I was practicing meditation in Denmark and really reflecting about my life. I’ve mentioned before, that I came from pretty serious child abuse and neglect, and I was crying about how it would ever be possible for me to feel happy and healed in this life at all, ever. Then, during my meditation practice an insight came to me. I could take the foundation of this pain and the abuse that I experienced early on, and try to heal from it and then use it later on in life as a way of deepening compassion for others that might have experienced something similar. That was the impetus for why I started to teach meditation in prisons, and learned so much about human growth, regret and real hands-on spirituality. I think if anyone wants to do any type of real spiritual work you have to get down and dirty, here are 4 steps to get started:

  1. Spend time with yourself in a very raw and honest way and feel where you’re stuck.
  2. We can journal about where our strengths and weaknesses are and look at ourselves with tremendous honesty.
  3. If we notice that we have some type of these dormant fears and wounding and pain, take the time to honor stuck places.
  4. We can use the retreat time that we have to face our fears head-on, cry out all the tears until there are no more, like a sponge ringing out dirty water.

It is so helpful to make the effort to cleanse these psycho-spiritual and emotional blocks built up from our lifetime or more. In this way, we can truly become a clear vessel that’s capable of wisdom. Without having gone through this messy, difficult dark night of the soul process, there’s a strong possibility that we are using our spirituality or religion in a deluded way, to cover the deep-seated blocks that we’re unwilling to face.

East Meets.. West

I think these Indo-Tibetan methods used 2500 years ago in India and in Tibet, were exceedingly valid and powerful methods of transformation and spiritual development. In our materialistic west, which allows no time for grief, we have often a lot of gross trauma and imbalances to heal before we can even start sitting meditation. If we don’t do the trauma work and we just sit alone with ourselves, let alone do any of the higher tantras which involve powerful methods of yogic practice ritual, those methods become ways to make us further imbalanced and can be actually dangerous. So this trauma work, taking time to delve deep into what has been hurtful, processing fears, going very deeply to core childhood or karmic wounding, is an essential step before we embark upon any more lofty spiritual path.
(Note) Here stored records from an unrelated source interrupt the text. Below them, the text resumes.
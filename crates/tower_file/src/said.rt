//! Reads what a register says by itself.

ghost use Rattle.std.specs.Prelude.{◌≡◌, List, Option};
ghost use Rattle.edn_reader.specs.Grammar.{ElementModel};
ghost use Rattle.edn_reader.specs.Given.{Given, seen};
ghost use Rattle.edn_reader.specs.Lent.{PairsLeft as PairsOfView, MembersLeft};
ghost use Rattle.intervals.specs.Terms.{writers_of};
ghost use Rattle.tower_file.specs.Form.{Sequence, RegisterForm, AreRegisterFields, IsGiven, IsSequence, AreVectorElements};
ghost use Rattle.tower_file.specs.Reading.{each, domain_value, process_of, writers_in, domain_in, parts_in, said_by};
ghost use Rattle.tower_file.specs.Views.{GivesOrMemory};
ghost use Rattle.tower_file.specs.Stated.{AreFieldsOf, NamesLeft, IsSaid, ShowsOrMemory, domain_items};

use crate::element::{
    needed, process_of, read_fixed, read_initial, read_kind, read_name, value_of,
};
use crate::fault::{TowerFault, TowerField};
use edn_reader::{Field, MapView, VectorView};
use intervals::{Initial, Kind, Value, Writers};
use std::alloc::Global;

/// What a register has under each key that is read.
#[derive(Clone, Copy)]
pub struct Fields<'t> {
    name: Field<'t>,
    kind: Field<'t>,
    writers: Field<'t>,
    initial: Field<'t>,
    domain: Field<'t>,
    parts: Field<'t>,
    fixed: Field<'t>,
}

/// What a register says by itself, before it is placed among the others.
#[derive(Drop)]
pub struct RegisterFields<'t> {
    pub name: &'t [u8],
    pub kind: Kind,
    pub writers: Writers,
    pub initial: Option<Initial>,
    pub domain: Option<Vec<Value>>,
    pub parts: Option<VectorView<'t>>,
    pub fixed: bool,
}

pub fn look_up<'t>(map: &MapView<'t>) -> Fields<'t>
    ensures { (pairs : List (ElementModel × ElementModel)) (form : RegisterForm) → PairsOfView map.now pairs → AreRegisterFields pairs form → AreFieldsOf result form }
{
    Fields {
        name: map.field(b":name"),
        kind: map.field(b":kind"),
        writers: map.field(b":writers"),
        initial: map.field(b":initial"),
        domain: map.field(b":domain"),
        parts: map.field(b":of"),
        fixed: map.field(b":fixed"),
    }
}

pub fn read_said<'t>(alloc: Global, fields: &Fields<'t>) -> Result<RegisterFields<'t>, TowerFault>
    ensures { (form : RegisterForm) → AreFieldsOf fields.now form → ShowsOrMemory IsSaid result (said_by form) }
{
    let name = read_name(&fields.name)?;
    let kind = read_kind(&fields.kind)?;
    let writers = read_writers(alloc, &fields.writers)?;
    let initial = read_initial(&fields.initial)?;
    let domain = read_domain(alloc, &fields.domain)?;
    let parts = read_parts(&fields.parts)?;
    let fixed = read_fixed(&fields.fixed)?;
    Ok(RegisterFields {
        name,
        kind,
        writers,
        initial,
        domain,
        parts,
        fixed,
    })
}

fn read_writers(alloc: Global, field: &Field) -> Result<Writers, TowerFault>
    ensures { (given : Given Sequence) → IsGiven IsSequence (seen field.now) given → GivesOrMemory writers_of result (writers_in given) }
{
    let element = needed(field, TowerField::Writers)?;
    if element.is_keyword(b":any") {
        return Ok(Writers::Any);
    }
    match element.as_vector() {
        Some(view) => Ok(Writers::Listed(processes_of(alloc, view)?)),
        None => Err(TowerFault::Shape(TowerField::Writers)),
    }
}

fn processes_of(alloc: Global, view: VectorView) -> Result<Vec<i64>, TowerFault>
    ensures { (members : List ElementModel) → MembersLeft view.entry members → GivesOrMemory (λ found. found.items) result (each process_of members) }
{
    let mut left = view;
    let mut processes = Vec::new(alloc);
    while let Some(element) = left.next() {
        processes.push(process_of(&element)?)?;
    }
    Ok(processes)
}

fn read_domain(alloc: Global, field: &Field) -> Result<Option<Vec<Value>>, TowerFault>
    ensures { (given : Given (Option (List ElementModel))) → IsGiven AreVectorElements (seen field.now) given → GivesOrMemory domain_items result (domain_in given) }
{
    let element = match field {
        Field::Absent => return Ok(None),
        Field::Once(element) => *element,
        Field::Twice => return Err(TowerFault::Shape(TowerField::Domain)),
    };
    match element.as_vector() {
        Some(view) => Ok(Some(values_of(alloc, view)?)),
        None => Err(TowerFault::Shape(TowerField::Domain)),
    }
}

fn values_of(alloc: Global, view: VectorView) -> Result<Vec<Value>, TowerFault>
    ensures { (members : List ElementModel) → MembersLeft view.entry members → GivesOrMemory (λ found. found.items) result (each domain_value members) }
{
    let mut left = view;
    let mut values = Vec::new(alloc);
    while let Some(element) = left.next() {
        values.push(value_of(&element)?)?;
    }
    Ok(values)
}

fn read_parts<'t>(field: &Field<'t>) -> Result<Option<VectorView<'t>>, TowerFault>
    ensures { (given : Given (Option (List ElementModel))) → IsGiven AreVectorElements (seen field.now) given → ShowsOrMemory NamesLeft result (parts_in given) }
{
    let element = match field {
        Field::Absent => return Ok(None),
        Field::Once(element) => *element,
        Field::Twice => return Err(TowerFault::Shape(TowerField::Parts)),
    };
    match element.as_vector() {
        Some(view) => Ok(Some(view)),
        None => Err(TowerFault::Shape(TowerField::Parts)),
    }
}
Many often benefit from personal or professional support for this healing process. We could say that this is the basic foundation of the spiritual path. Real human strength and evolution is forged through bravely facing fears, heartbreak and tears, not bypassing or some renunciant escape. So go ahead, get curious about the cracks in our deepest, hidden wounds. Our hearts long to emerge from the shadows and see what type of welcome light can eventually come in. I have faith that with effort, we all have a capacity to learn, grow and heal, no matter what we have experienced. The human heart is forever fundamentally bright, and sometimes, the accumulated tarnish, just needs a bit of polishing.